Saved data entries:
▬▬▬▬▬▬▬▬▬▬

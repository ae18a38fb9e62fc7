//! Gathering what tests find.

ghost use Rattle.std.specs.Prelude.{◌≡◌, ◌++◌, OnOk, OnErr, IsOk, false};
ghost use Rattle.rule_reports.specs.Passes.{found};

use venue_types::OutOfMemory;

/// Adds a place where a test holds.
pub fn add<T: Drop>(places: &mut Vec<T>, holds: bool, place: T) -> Result<(), OutOfMemory>
    ensures ok { OnOk result (places.new.items ≡ places.old.items ++ found holds place) }
    ensures err { OnErr result (places.new.items ≡ places.old.items) }
    ensures idle { holds ≡ false → IsOk result }
{
    if holds {
        places.push(place)?;
    }
    Ok(())
}
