//! What holds of every run of messages.

ghost use Rattle.std.specs.Prelude.{◌≡◌, ◌+◌, ◌≤◌, ℕ, List, [], ◌∷◌, ◌++◌, drop};
ghost use mathlib.Core.List.{IsPrefix};
ghost use Rattle.venue_hall.specs.Histories.{IsLegal};
ghost use Rattle.venue_hall.specs.Facts.{Facts, IsSameHall};
ghost use Rattle.venue_session.specs.Acting.{Acted, text_of, IsActed, AreOpen, Acts, told_in};

use venue_wire::{message_length_law, message_more_law};

/// Behind messages of which none closes, one more is acted on.
pub fn acts_push_law()
    ensures { (keys : List (List ℕ)) (old mid new : Facts) (bytes out rest : List ℕ) (ms : List Acted) (m : Acted)
        → Acts keys old bytes ms out mid rest → AreOpen ms → IsActed keys mid rest m new
        → Acts keys old bytes (ms ++ m ∷ []) (out ++ text_of m) new (drop m.length rest) }
{}

/// The messages that were acted on stay so whatever bytes follow, which then follow the rest: they don't depend on where the
/// stream was cut.
pub fn acts_more_law()
    ensures { (keys : List (List ℕ)) (old new : Facts) (bytes out rest more : List ℕ) (ms : List Acted)
        → Acts keys old bytes ms out new rest → Acts keys old (bytes ++ more) ms out new (rest ++ more) }
{
    message_more_law();
    message_length_law();
}

/// Behind messages of which none closes, the rest is acted on as if they were one run.
pub fn acts_then_law()
    ensures { (keys : List (List ℕ)) (old mid new : Facts) (bytes out rest behind last : List ℕ) (ms others : List Acted)
        → Acts keys old bytes ms out mid rest → AreOpen ms → Acts keys mid rest others behind new last
        → Acts keys old bytes (ms ++ others) (out ++ behind) new last }
{}

/// Of the messages that were acted on only the last may close.
pub fn acts_close_law()
    ensures { (keys : List (List ℕ)) (old new : Facts) (bytes out rest : List ℕ) (front : List Acted) (last : Acted)
        → Acts keys old bytes (front ++ last ∷ []) out new rest → AreOpen front }
{}

/// A run of messages keeps the hall: what it sees at most grows and stays a legal history, each accepted change that was told is
/// counted once, and faults are not forgotten.
pub fn acts_hall_law()
    ensures grows { (keys : List (List ℕ)) (old new : Facts) (bytes out rest : List ℕ) (ms : List Acted)
        → Acts keys old bytes ms out new rest → IsPrefix old.seen new.seen }
    ensures legal { (keys : List (List ℕ)) (old new : Facts) (bytes out rest : List ℕ) (ms : List Acted)
        → Acts keys old bytes ms out new rest → IsLegal old.seen → IsLegal new.seen }
    ensures same { (keys : List (List ℕ)) (old new : Facts) (bytes out rest : List ℕ) (ms : List Acted)
        → Acts keys old bytes ms out new rest → IsSameHall old new }
    ensures made { (keys : List (List ℕ)) (old new : Facts) (bytes out rest : List ℕ) (ms : List Acted)
        → Acts keys old bytes ms out new rest → new.made ≡ old.made + told_in ms }
    ensures faults { (keys : List (List ℕ)) (old new : Facts) (bytes out rest : List ℕ) (ms : List Acted)
        → Acts keys old bytes ms out new rest → old.faults ≤ new.faults }
{}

▬▬▬▬▬▬▬▬▬▬

» Work to complete
In the entries above, one line contains "(ms ++ others)" and another contains "rest → IsPrefix". Reproduce exactly those two lines and the lines between them, nothing else.

» Expected answer
        → Acts keys old bytes (ms ++ others) (out ++ behind) new last }
{}

/// Of the messages that were acted on only the last may close.
pub fn acts_close_law()
    ensures { (keys : List (List ℕ)) (old new : Facts) (bytes out rest : List ℕ) (front : List Acted) (last : Acted)
        → Acts keys old bytes (front ++ last ∷ []) out new rest → AreOpen front }
{}

/// A run of messages keeps the hall: what it sees at most grows and stays a legal history, each accepted change that was told is
/// counted once, and faults are not forgotten.
pub fn acts_hall_law()
    ensures grows { (keys : List (List ℕ)) (old new : Facts) (bytes out rest : List ℕ) (ms : List Acted)
        → Acts keys old bytes ms out new rest → IsPrefix old.seen new.seen }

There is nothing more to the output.